Love Letters to My Mother Tongue

By @promise – 

I do not speak you as often as I should.
Sometimes, I even dream in English.

But when I stub my toe, when the plantain burns, when the bus splashes water on me in the rain — it is you that leaps from my mouth. Raw. Unfiltered.
You, my first language.
My mother tongue.

Igbo, I’m sorry.

1. For the Times I Translated You Too Softly

Remember when I tried to explain you to my English friends?

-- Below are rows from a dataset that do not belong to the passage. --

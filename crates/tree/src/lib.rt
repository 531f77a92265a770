//! A plan in lent arrays of numbers, taken apart node by node and row by row.
//!
//! A node of `nodes` is seven numbers (kind, second input or number of filters, first row, number of rows, three more), in prefix order: the
//! first input of node k is node k + 1. A row of `rows` is four numbers. An expression is named by the number of its root in the cells of the crate `arena`.
#![tactic(auto)]

ghost use Rattle.std.specs.Prelude.{◌≡◌, ◌+◌, ◌*◌, ◌<◌, length};
ghost use Rattle.cpl.specs.Plan.{pair};
ghost use Rattle.arena.specs.Rows.{pair_at};
ghost use Rattle.tree.specs.Rows.{Inside, last_row, number_at};
ghost use Rattle.tree.specs.Node.{Fits, NodeFits, inputs_of, join_node, node_of, scan_node, type_number, type_of, words_at};
ghost use Rattle.tree.specs.Shows.{AggIs, KeyIs, OnIs, TakenApart, WinIs};

/// A join's type, in the order of document 01's numbers.
#[derive(Clone, Copy, PartialEq, Eq)]
pub enum JoinType {
    Inner,
    Left,
    Right,
    Full,
    LeftSemi,
    LeftAnti,
    RightSemi,
    RightAnti,
}

impl From<JoinType> for u64 {
    ghost from_gives = { λ join_type n. n ≡ type_number join_type };

    #[tactic(auto, unfolding(cpl::specs::Codes::join_number))]
    fn from(join_type: JoinType) -> u64 {
        match join_type {
            JoinType::Inner => 0,
            JoinType::Left => 1,
            JoinType::Right => 2,
            JoinType::Full => 3,
            JoinType::LeftSemi => 4,
            JoinType::LeftAnti => 5,
            JoinType::RightSemi => 6,
            JoinType::RightAnti => 7,
        }
    }
}

/// A join: its type, its pairs' rows, the root of its condition if it has one, the number of its second input.
#[derive(Clone, Copy)]
pub struct JoinNode {
    pub join_type: JoinType,
    pub first: usize,
    pub n: usize,
    pub has_filter: bool,
    pub filter: usize,
    pub right: usize,
}

/// A scan: its table, its qualifier, the rows of its column indices if they are given, and how many filters have their rows behind those. `first`
/// and `n` stand beside `given`, since they say where the filters' rows start also where no indices are given.
#[derive(Clone, Copy)]
pub struct ScanNode {
    pub table: usize,
    pub qualifier: u16,
    pub given: bool,
    pub first: usize,
    pub n: usize,
    pub filters: usize,
}

/// A node without its inputs. `first` is its first row, `n` the number of things that its rows hold; an aggregate's rows are those of its
/// groups, then those of its aggregates. A fetch of 2^32 - 1 is none.
#[derive(Clone, Copy)]
pub enum Node {
    Projection {
        first: usize,
        n: usize,
    },
    Filter {
        root: usize,
    },
    Sort {
        first: usize,
        n: usize,
    },
    Limit {
        skip: u32,
        fetch: u32,
    },
    Aggregate {
        first: usize,
        groups: usize,
        aggregates: usize,
    },
    Window {
        first: usize,
        n: usize,
    },
    SubqueryAlias {
        qualifier: u16,
    },
    Union {
        right: usize,
    },
    Distinct,
    Join(JoinNode),
    Scan(ScanNode),
    Empty {
        one_row: bool,
        first: usize,
        n: usize,
    },
}

/// The inputs of a node: none, the next node, or that and the node with this number.
#[derive(Clone, Copy)]
pub enum Inputs {
    Nothing,
    One,
    Two(usize),
}

/// The inputs of a node.
pub fn inputs_of(node: Node) -> Inputs
    ensures { result ≡ inputs_of node }
{
    match node {
        Node::Union { right } => Inputs::Two(right),
        Node::Join(join) => Inputs::Two(join.right),
        Node::Scan(_) | Node::Empty { .. } => Inputs::Nothing,
        Node::Projection { .. }
        | Node::Filter { .. }
        | Node::Sort { .. }
        | Node::Limit { .. }
        | Node::Aggregate { .. }
        | Node::Window { .. }
        | Node::SubqueryAlias { .. }
        | Node::Distinct => Inputs::One,
    }
}

/// The seven numbers of a node.
#[derive(Clone, Copy)]
struct Words {
    kind: u64,
    right: u64,
    first: u64,
    n: u64,
    a: u64,
    b: u64,
    c: u64,
}

/// The numbers of node `k`, which lies in the array.
#[tactic(auto, unfolding(crate::specs::Node::words_at))]
fn words_at(nodes: &[u64], k: usize) -> Words
    requires { k * 7 + 6 < length nodes.now }
    ensures { result ≡ words_at nodes.now k }
{
    let at = k * 7;
    Words {
        kind: nodes[at],
        right: nodes[at + 1],
        first: nodes[at + 2],
        n: nodes[at + 3],
        a: nodes[at + 4],
        b: nodes[at + 5],
        c: nodes[at + 6],
    }
}

/// The join type of a number. A match on the number: a node's words hold numbers, and what stands in them was read as allowed, so none is
/// refused.
#[tactic(auto, unfolding(crate::specs::Node::type_of))]
fn type_of(x: u64) -> JoinType
    ensures { result ≡ type_of x }
{
    match x {
        0 => JoinType::Inner,
        1 => JoinType::Left,
        2 => JoinType::Right,
        3 => JoinType::Full,
        4 => JoinType::LeftSemi,
        5 => JoinType::LeftAnti,
        6 => JoinType::RightSemi,
        _ => JoinType::RightAnti,
    }
}

/// A node's numbers as a join.
#[tactic(auto, unfolding(crate::specs::Node::join_node))]
fn join_node(w: Words) -> JoinNode
    ensures { result ≡ join_node w }
{
    JoinNode {
        join_type: type_of(w.a),
        first: w.first as usize,
        n: w.n as usize,
        has_filter: w.b == 1,
        filter: w.c as usize,
        right: w.right as usize,
    }
}

/// A node's numbers as a scan. Its qualifier is a 16-bit number.
#[tactic(auto, unfolding(crate::specs::Node::scan_node))]
fn scan_node(w: Words) -> ScanNode
    requires { w.b < 65536 }
    ensures { result ≡ scan_node w }
{
    ScanNode {
        table: w.a as usize,
        qualifier: w.b as u16,
        given: w.c == 1,
        first: w.first as usize,
        n: w.n as usize,
        filters: w.right as usize,
    }
}

/// A node by its numbers, which fit their types. Kinds are told apart here and nowhere else, by a match on the number: a node's
/// words hold numbers, and what stands in them was read as allowed.
#[tactic(auto, unfolding(crate::specs::Node::node_of))]
fn node_of(w: Words) -> Node
    requires { Fits w }
    ensures { result ≡ node_of w }
{
    let first = w.first as usize;
    let n = w.n as usize;
    let a = w.a;
    let kind = w.kind;
    match kind {
        1 => Node::Projection { first, n },
        2 => Node::Filter { root: a as usize },
        3 => Node::Sort { first, n },
        4 => Node::Limit {
            skip: a as u32,
            fetch: w.b as u32,
        },
        5 => Node::Aggregate {
            first,
            groups: n,
            aggregates: a as usize,
        },
        6 => Node::Window { first, n },
        7 => Node::SubqueryAlias {
            qualifier: a as u16,
        },
        8 => Node::Union {
            right: w.right as usize,
        },
        9 => Node::Distinct,
        10 => Node::Join(join_node(w)),
        11 => Node::Scan(scan_node(w)),
        _ => Node::Empty {
            one_row: a == 1,
            first,
            n,
        },
    }
}

/// Node `k`, taken apart. It lies in the array, and its numbers fit their types.
#[tactic(auto, using(crate::proofs::Plans::taken))]
pub fn node_at(nodes: &[u64], k: usize) -> Node
    requires { NodeFits nodes.now k }
    ensures { TakenApart nodes.now k result }
{
    let w = words_at(nodes, k);
    node_of(w)
}

/// A key: its flags, its root.
#[derive(Clone, Copy)]
pub struct KeyRow {
    pub flags: u16,
    pub root: usize,
}

/// The key of row `i`, which lies in the array.
#[tactic(auto, using(crate::proofs::Parts::key_is))]
pub fn key_at(rows: &[u16], i: usize) -> KeyRow
    requires { Inside rows.now i }
    ensures { KeyIs rows.now i result.flags result.root }
{
    let row = arena::row_at(rows, i);
    KeyRow {
        flags: row.qualifier,
        root: row.root,
    }
}

/// An aggregate: its pair, its function, its root (where the function is not 0).
#[derive(Clone, Copy)]
pub struct AggRow {
    pub qualifier: u16,
    pub name: u16,
    pub function: u16,
    pub root: usize,
}

/// The aggregate of row `i`, which lies in the array.
#[tactic(auto, using(crate::proofs::Parts::agg_is))]
pub fn agg_at(rows: &[u16], i: usize) -> AggRow
    requires { Inside rows.now i }
    ensures { AggIs rows.now i result.qualifier result.name result.function result.root }
{
    let row = arena::row_at(rows, i);
    AggRow {
        qualifier: row.qualifier,
        name: row.name,
        function: row.mark,
        root: row.root,
    }
}

/// A window: its pair, its function, its root (where the function is not 0); `parts` parts from the row after its first on, `keys` keys
/// from row `key` on; the row after its last.
#[derive(Clone, Copy)]
pub struct WinRow {
    pub qualifier: u16,
    pub name: u16,
    pub function: u16,
    pub root: usize,
    pub parts: usize,
    pub key: usize,
    pub keys: usize,
    pub next: usize,
}

/// The window from row `i` on. Its last row, and so each of them, lies in the array.
pub fn win_at(rows: &[u16], i: usize) -> WinRow
    requires { Inside rows.now (last_row rows.now i) }
    ensures { WinIs rows.now i result.qualifier result.name result.function result.parts result.key result.keys result.root result.next }
{
    let head = arena::row_at(rows, i);
    let parts = head.root;
    let mid = i + 1 + parts;
    let row = arena::row_at(rows, mid);
    let key = mid + 1;
    let keys = usize::from(row.qualifier);
    WinRow {
        qualifier: head.qualifier,
        name: head.name,
        function: head.mark,
        root: row.root,
        parts,
        key,
        keys,
        next: key + keys,
    }
}

/// A pair of a join: the roots of its two sides.
#[derive(Clone, Copy)]
pub struct OnRow {
    pub left: usize,
    pub right: usize,
}

/// The pair of a join in row `i`, which lies in the array.
pub fn on_at(rows: &[u16], i: usize) -> OnRow
    requires { Inside rows.now i }
    ensures { OnIs rows.now i result.left result.right }
{
    let row = arena::row_at(rows, i);
    OnRow {
        left: usize::from(row.mark),
        right: row.root,
    }
}

/// The first number of row `i`, which lies in the array: a column index.
#[tactic(auto, using(crate::proofs::Parts::number_is))]
pub fn column_at(rows: &[u16], i: usize) -> usize
    requires { Inside rows.now i }
    ensures { result ≡ number_at rows.now i }
{
    let row = arena::row_at(rows, i);
    usize::from(row.qualifier)
}

/// A pair, as a row holds it and as a field is named: a qualifier, 0 for none, and a name.
#[derive(Clone, Copy, PartialEq, Eq)]
pub struct Field {
    pub qualifier: u16,
    pub name: u16,
}

/// The pair of row `i`, which lies in the array.
pub fn pair_at(rows: &[u16], i: usize) -> Field
    requires { Inside rows.now i }
    ensures { pair result.qualifier result.name ≡ pair_at rows.now i }
{
    let row = arena::row_at(rows, i);
    Field {
        qualifier: row.qualifier,
        name: row.name,
    }
}
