//! The plan that stands in the lent arrays as a listing, counted and then written into a lent buffer.
#![tactic(auto)]

ghost use Rattle.std.specs.Prelude.{◌<◌, ◌^◌, length};
ghost use Rattle.rules.specs.Answer.{written};
ghost use Rattle.answers.specs.Answers.{Delivers};
ghost use Rattle.plan_text.specs.Listing.{listing};
ghost use Rattle.tree.specs.Tree.{lent, plan_at};
ghost use Rattle.text_plan.specs.Heads.{Walks};

use refusals::{Reason, Refusal};

/// The listing of the plan that stands in the lent arrays: counted, and written where it fits.
pub fn list_tree(
    cells: &[u64],
    rows: &[u16],
    nodes: &[u64],
    out: &mut [u8],
) -> Result<usize, Refusal>
    requires walks { Walks cells.now rows.now nodes.now 0 }
    requires nodes_len_bound { length (listing (plan_at (lent cells.now rows.now nodes.now) 0)) < 2 ^ 64 }
    ensures { Delivers (written (listing (plan_at (lent cells.now rows.now nodes.now) 0)) out.old) result out.new }
{
    let n = text_plan::put_plan(cells, rows, nodes, 0, 0, &mut [], 0);
    if n > out.len() {
        return Err(Refusal::new(Reason::Room, n));
    }
    Ok(text_plan::put_plan(cells, rows, nodes, 0, 0, out, 0))
}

I would water you down so you wouldn’t sound “aggressive.”
I left out the clicks in my throat, the rising-falling tones that could cut or comfort.
I told them your words meant things like “Hello” and “Thank you” — but how could I explain that Nnoo means “You are welcome here, with both hands”?
That Daalu means “I saw what you did, and I honour it”?

You are not a neat translation.
You are thunder.
You are lullaby.
You are proverb and play.

2. For the Voice Notes I Rehearsed

There are aunties and uncles whose phones ring with my silence.

I rehearse my replies in Igbo, tongue stumbling, fearing judgement — not just from them, but from you.
From the version of you that still lives in my grandmother’s mouth.

She speaks you with the grace of someone who never had to explain her identity through subtitles.
When I visit her in the village, I listen like a thief. I store her words. I repeat them later, in private.
It feels like borrowing a dress I’m scared to stain.

3. For the Words That Hide Behind English Ones

Even in English, you follow me.

I say “my spirit is not settled” when I mean I am anxious.
I say “she carried face” when someone is offended.
I say “please manage it” when I offer food.

I carry you into this borrowed language like contraband.

People tell me I speak English so well.
But I think in Igbo.
And sometimes, I grieve in it.

4. For the Child I Might Have One Day

What if they only speak English?
What if they grow up saying “Mum” and never “Nne”?

Will they feel the music in their name the way I do?
Will they know that our language is not just grammar, but memory — the sound of home cooked without gas, of palm wine in plastic bottles, of weddings where no one arrives on time?

I want to gift them you, even if my version of you is cracked and patched like a well-loved pot.

5. For the Future I Still Believe In

Maybe I’ll take a class.
Maybe I’ll start small: label things in the house.
Maybe I’ll stop being shy when I meet another Igbo speaker.
Maybe I’ll make mistakes — loudly. Proudly.

Because you, my first language, are not gone.
You are dormant in me.
Like seeds that just need rain.

And so I write this letter, not as goodbye, but as Mbọ — a beginning.

PS: I love you.
Even when I forget your words, I carry your rhythm.
Even when I get your grammar wrong, I still sound like home.
And when I finally return, I hope you’ll still recognise me.